### [GIVEN DATA]
ghost use Rattle.std.specs.Prelude.{◌≡◌, List, ℕ, nat_eq};
ghost use Rattle.std.specs.Cmp.{partial_equiv_from_equiv};
ghost use Rattle.std.specs.Cmp.Lexicographic.{pointwise, nat_list_eq_equiv};

use std::marker::Model;

/// A list of numbers below 2^32. Contracts see the list itself.
#[derive(Debug, Drop)]
pub struct Nums {
    items: Vec<u32>,
}

impl Model for Nums {
    ghost Value = { List ℕ };

    ghost view = { λ nums. nums.items.items };
}

impl PartialEq for Nums {
    ghost eq = { pointwise nat_eq };

    ghost laws = { partial_equiv_from_equiv nat_list_eq_equiv };

    fn eq(&self, other: &Nums) -> bool {
        self.items == other.items
    }
}

impl Eq for Nums {
    ghost laws = { nat_list_eq_equiv };
}

impl Nums {
    /// Returns the list of the vector's numbers, without allocating.
    pub fn of(items: Vec<u32>) -> Nums
        ensures { result ≡ items.items }
    {
        Nums { items }
    }

    /// The numbers, in order.
    pub fn as_slice(&self) -> &[u32]
        ensures { result.now ≡ self.now }
    {
        self.items.as_slice()
    }

    /// Returns the vector that holds the numbers, without allocating.
    pub fn into_vec(self) -> Vec<u32>
        ensures { result.items ≡ self }
    {
        let Nums { items } = self;
        items
    }
}

/// A list of numbers below 2^64. Contracts see the list itself.
#[derive(Debug, Drop)]
pub struct Words {
    items: Vec<u64>,
}

impl Model for Words {
    ghost Value = { List ℕ };

    ghost view = { λ words. words.items.items };
}

impl PartialEq for Words {
    ghost eq = { pointwise nat_eq };

    ghost laws = { partial_equiv_from_equiv nat_list_eq_equiv };

    fn eq(&self, other: &Words) -> bool {
        self.items == other.items
    }
}

impl Eq for Words {
    ghost laws = { nat_list_eq_equiv };
}

impl Words {
    /// Returns the list of the vector's numbers, without allocating.
    pub fn of(items: Vec<u64>) -> Words
        ensures { result ≡ items.items }
    {
        Words { items }
    }

    /// The numbers, in order.
    pub fn as_slice(&self) -> &[u64]
        ensures { result.now ≡ self.now }
    {
        self.items.as_slice()
    }

    /// Returns the vector that holds the numbers, without allocating.
    pub fn into_vec(self) -> Vec<u64>
        ensures { result.items ≡ self }
    {
        let Words { items } = self;
        items
    }
}

#[cfg(test)]
mod tests {
    use super::*;
    use crate::Digest32;
    use std::test::Fail;

    fn is_shared<T: Send + Sync>(_value: &T) -> bool {
        true
    }

    #[test]
    fn numbers_go_in_and_come_out(rt: HostRuntime) -> Result<(), Fail> {
        let nums = Nums::of(vec![in rt.alloc(); 3u32, 1, 4_294_967_295]?);
        assert!(rt; is_shared(&nums));
        assert_eq!(rt; nums.as_slice(), [3, 1, 4_294_967_295].as_slice());
        assert_eq!(rt;
            nums,
            Nums::of(vec![in rt.alloc(); 3u32, 1, 4_294_967_295]?)
        );
        assert!(rt; nums != Nums::of(vec![in rt.alloc(); 3u32, 1]?));
        assert_eq!(rt;
            nums.into_vec().as_slice(),
            [3, 1, 4_294_967_295].as_slice()
        );

        let words = Words::of(vec![in rt.alloc(); 7u64, 18_446_744_073_709_551_615]?);
        assert!(rt; is_shared(&words));
        assert_eq!(rt;
            words,
            Words::of(vec![in rt.alloc(); 7u64, 18_446_744_073_709_551_615]?)
        );
        assert!(rt; words != Words::of(vec![in rt.alloc(); 7u64, 0]?));
        assert_eq!(rt;
            words.as_slice(),
            [7, 18_446_744_073_709_551_615].as_slice()
        );
        assert_eq!(rt;
            words.into_vec().as_slice(),
            [7, 18_446_744_073_709_551_615].as_slice()
        );

        assert!(rt; is_shared(&Digest32 { bytes: [0; 32] }));
        Ok(())
    }
}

### [DIRECTIONS FOR THIS TASK]
Could you write out all of the data again, exactly as given?

### [YOUR SOLUTION]
ghost use Rattle.std.specs.Prelude.{◌≡◌, List, ℕ, nat_eq};
ghost use Rattle.std.specs.Cmp.{partial_equiv_from_equiv};
ghost use Rattle.std.specs.Cmp.Lexicographic.{pointwise, nat_list_eq_equiv};

use std::marker::Model;

/// A list of numbers below 2^32. Contracts see the list itself.
#[derive(Debug, Drop)]
pub struct Nums {
    items: Vec<u32>,
}

impl Model for Nums {
    ghost Value = { List ℕ };

    ghost view = { λ nums. nums.items.items };
}

impl PartialEq for Nums {
    ghost eq = { pointwise nat_eq };

    ghost laws = { partial_equiv_from_equiv nat_list_eq_equiv };

    fn eq(&self, other: &Nums) -> bool {
        self.items == other.items
    }
}

impl Eq for Nums {
    ghost laws = { nat_list_eq_equiv };
}

impl Nums {
    /// Returns the list of the vector's numbers, without allocating.
    pub fn of(items: Vec<u32>) -> Nums
        ensures { result ≡ items.items }
    {
        Nums { items }
    }

    /// The numbers, in order.
    pub fn as_slice(&self) -> &[u32]
        ensures { result.now ≡ self.now }
    {
        self.items.as_slice()
    }

    /// Returns the vector that holds the numbers, without allocating.
    pub fn into_vec(self) -> Vec<u32>
        ensures { result.items ≡ self }
    {
        let Nums { items } = self;
        items
    }
}

/// A list of numbers below 2^64. Contracts see the list itself.
#[derive(Debug, Drop)]
pub struct Words {
    items: Vec<u64>,
}

impl Model for Words {
    ghost Value = { List ℕ };

    ghost view = { λ words. words.items.items };
}

impl PartialEq for Words {
    ghost eq = { pointwise nat_eq };

    ghost laws = { partial_equiv_from_equiv nat_list_eq_equiv };

    fn eq(&self, other: &Words) -> bool {
        self.items == other.items
    }
}

impl Eq for Words {
    ghost laws = { nat_list_eq_equiv };
}

impl Words {
    /// Returns the list of the vector's numbers, without allocating.
    pub fn of(items: Vec<u64>) -> Words
        ensures { result ≡ items.items }
    {
        Words { items }
    }

    /// The numbers, in order.
    pub fn as_slice(&self) -> &[u64]
        ensures { result.now ≡ self.now }
    {
        self.items.as_slice()
    }

    /// Returns the vector that holds the numbers, without allocating.
    pub fn into_vec(self) -> Vec<u64>
        ensures { result.items ≡ self }
    {
        let Words { items } = self;
        items
    }
}

#[cfg(test)]
mod tests {
    use super::*;
    use crate::Digest32;
    use std::test::Fail;

    fn is_shared<T: Send + Sync>(_value: &T) -> bool {
        true
    }

    #[test]
    fn numbers_go_in_and_come_out(rt: HostRuntime) -> Result<(), Fail> {
        let nums = Nums::of(vec![in rt.alloc(); 3u32, 1, 4_294_967_295]?);
        assert!(rt; is_shared(&nums));
        assert_eq!(rt; nums.as_slice(), [3, 1, 4_294_967_295].as_slice());
        assert_eq!(rt;
            nums,
            Nums::of(vec![in rt.alloc(); 3u32, 1, 4_294_967_295]?)
        );
        assert!(rt; nums != Nums::of(vec![in rt.alloc(); 3u32, 1]?));
        assert_eq!(rt;
            nums.into_vec().as_slice(),
            [3, 1, 4_294_967_295].as_slice()
        );

        let words = Words::of(vec![in rt.alloc(); 7u64, 18_446_744_073_709_551_615]?);
        assert!(rt; is_shared(&words));
        assert_eq!(rt;
            words,
            Words::of(vec![in rt.alloc(); 7u64, 18_446_744_073_709_551_615]?)
        );
        assert!(rt; words != Words::of(vec![in rt.alloc(); 7u64, 0]?));
        assert_eq!(rt;
            words.as_slice(),
            [7, 18_446_744_073_709_551_615].as_slice()
        );
        assert_eq!(rt;
            words.into_vec().as_slice(),
            [7, 18_446_744_073_709_551_615].as_slice()
        );

        assert!(rt; is_shared(&Digest32 { bytes: [0; 32] }));
        Ok(())
    }
}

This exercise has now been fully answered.